祁政听罢,闭上了眼,手扶在椅上的龙头处,轻轻摩挲着。这一把龙头椅原是祁谨当政时命人做的。
“尽卿所能罢。”年老的帝王轻轻道,将不甘和无奈藏在闭上了的眼底。
或许到了这个岁数,便在心中对这一遭早有预料。
许原低声应是,刚要起身,便听门外传来了通报声。
“太子殿下请见——”
祁政轻轻抬了下手,元德便去让人开了门。
“参见父皇。”祁昭方处理完政事便过来请安。
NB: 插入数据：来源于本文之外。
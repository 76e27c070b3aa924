//! The host of a program over one file.
ghost use Rattle.std.specs.Prelude.{◌≡◌, ◌≤◌, Ok, IfOk, OnOk, OnErr};
ghost use Rattle.host_port.specs.Host.{Rose};
ghost use Rattle.std.specs.Process.{exit_status};
ghost use Rattle.system_port.specs.Stays.{Stays};
ghost use Rattle.file_host.specs.Counting.{counting};
ghost use Rattle.file_host.specs.Known.{IsKnown};
ghost use Rattle.std.proofs.Props.{props};

use crate::calls::{print_all, read_some};
use crate::known::Known;
use crate::opening::is_error_in_store;
use crate::store::{len_of_store, read_store, sync_store, write_store};
use host_port::{Failed, Host};
use std::alloc::Global;
use std::fmt::Display;
use std::process::ExitCode;
use system_port::System;

/// The least status that tells of a fault. Below it are that of a run without a refusal, and that of one with some.
const FIRST_FAULT: u8 = 2;

/// A store, an input and a console of a system. The first call that needs the store opens it, and it stays open for as long as
/// the host lives. It reports all that the system does, and its counts of faults.
#[derive(Drop)]
pub struct FileHost<S: System + Drop> {
    alloc: Global,
    system: S,
    file: Option<S::File>,
    known: Known,
    take_faults: u64,
    say_faults: u64,
    disk_faults: u64,
    ghost known_is: { IsKnown (S.told system) known } by { Prim.hlevel props },
}

/// Counts a call that failed.
fn counted<T>(given: Result<T, Failed>, faults: &mut u64) -> Result<T, Failed>
    ensures value { result ≡ given }
    ensures ok { OnOk result (faults.new ≡ faults.old) }
    ensures err { OnErr result (Rose faults.old faults.new) }
    ensures later { faults.old ≤ faults.new }
{
    if given.is_err() {
        *faults = faults.saturating_add(1);
    }
    given
}

impl<S: System + Drop> FileHost<S> {
    /// A host that has opened nothing yet. It has memory for what it reads ahead once it reads, and does without where there is
    /// none.
    pub fn new(alloc: Global, system: S) -> FileHost<S>
        ensures told { ⟦<FileHost<S> as Host>⟧.told result ≡ counting (S.told system) 0 0 0 }
    {
        FileHost {
            alloc,
            system,
            file: None,
            known: Known::nothing(alloc),
            take_faults: 0,
            say_faults: 0,
            disk_faults: 0,
        }
    }

    /// The system, with all that was done to it.
    pub fn into_system(self) -> S
        ensures { S.told result ≡ S.told self.system }
    {
        self.system
    }

    /// The exit status. Where it tells of a fault, a line of complaint has the program's name and why. No line is written where
    /// complaints go into the store.
    pub fn end<W: Display + Drop>(&mut self, program: &str, status: u8, why: W) -> ExitCode
        ensures status { exit_status result ≡ status }
        ensures stays { Stays (⟦<FileHost<S> as Host>⟧.told self.old) (⟦<FileHost<S> as Host>⟧.told self.new) }
    {
        if status >= FIRST_FAULT && !is_error_in_store(&mut self.system) {
            self.system.complain(program, why);
        }
        ExitCode::from(status)
    }
}

impl<S: System + Drop> Host for FileHost<S> {
    ghost use Rattle.std.specs.Prelude.{◌⊎◌, ◌++◌, ◌+◌, ◌^◌, ◌<◌, length, take, drop, IsTrue};
    ghost use Rattle.host_port.specs.Host.{disk_now, said_now, GoesOn, Throughout, KeepsDisk, KeepsSaid, KeepsInput, Moves, AddsPart, RaisesTakesAlone, RaisesSaysAlone, RaisesDiskAlone, WrittenPart, written, synced};

    ghost told = { λ host. counting (S.told host.system) host.take_faults host.say_faults host.disk_faults };

    ghost now_is_left = { λ host t told low. S.now_is_left host.system t told low };

    fn take(&mut self, into: &mut [u8]) -> Result<usize, Failed> {
        counted(read_some(&mut self.system, into), &mut self.take_faults)
    }

    fn say(&mut self, bytes: &[u8]) -> Result<(), Failed> {
        counted(print_all(&mut self.system, bytes), &mut self.say_faults)
    }

    fn len(&mut self) -> Result<u64, Failed> {
        counted(
            len_of_store(&mut self.system, &mut self.file, &mut self.known),
            &mut self.disk_faults,
        )
    }

    fn read_at(&mut self, at: u64, into: &mut [u8]) -> Result<(), Failed> {
        counted(
            read_store(
                self.alloc,
                &mut self.system,
                &mut self.file,
                &mut self.known,
                at,
                into,
            ),
            &mut self.disk_faults,
        )
    }

    fn write_at(&mut self, at: u64, bytes: &[u8]) -> Result<(), Failed> {
        counted(
            write_store(&mut self.system, &mut self.file, &mut self.known, at, bytes),
            &mut self.disk_faults,
        )
    }

    fn sync(&mut self) -> Result<(), Failed> {
        counted(
            sync_store(&mut self.system, &mut self.file, &mut self.known),
            &mut self.disk_faults,
        )
    }
}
他走上前行礼,瞥见许原在一旁,便问道:“今日许太医来向父皇请脉了?许太医,父皇身体如何?”
许原袖中的手捏紧了些,下意识看了祁政一眼没有回话。
“一切都好,昭儿不必担心。”祁政替他答了,转而问起另一件事:“洛河水患如何了?”
祁昭面色不变,目光在许原身上多停留了一会儿,转回头回道:“赈灾物资已到,如今多有缓解。”
“儿臣还记得许老家风甚严,许太医如今也同许老一般刚正忠实,为父皇儿臣所信任。”祁昭答完话,突然来了这么一句。
许原身子一震,差点就要跪下。祁政知晓他所有察觉,轻叹一声道:“朕确有些不适,得劳烦许太医替朕调养些时日。”
祁昭闻言,又看了看不敢出声的元德。若是小病,屋内之人不会是这般反应。他担忧地看向祁政,而祁政也看着他,似是看出了他心中所想。
“父皇……”祁昭心底生出一个可怕的猜测。其实这些年,祁政的逐渐衰老他都看在眼里。
“朕没事。”祁政还是这般说。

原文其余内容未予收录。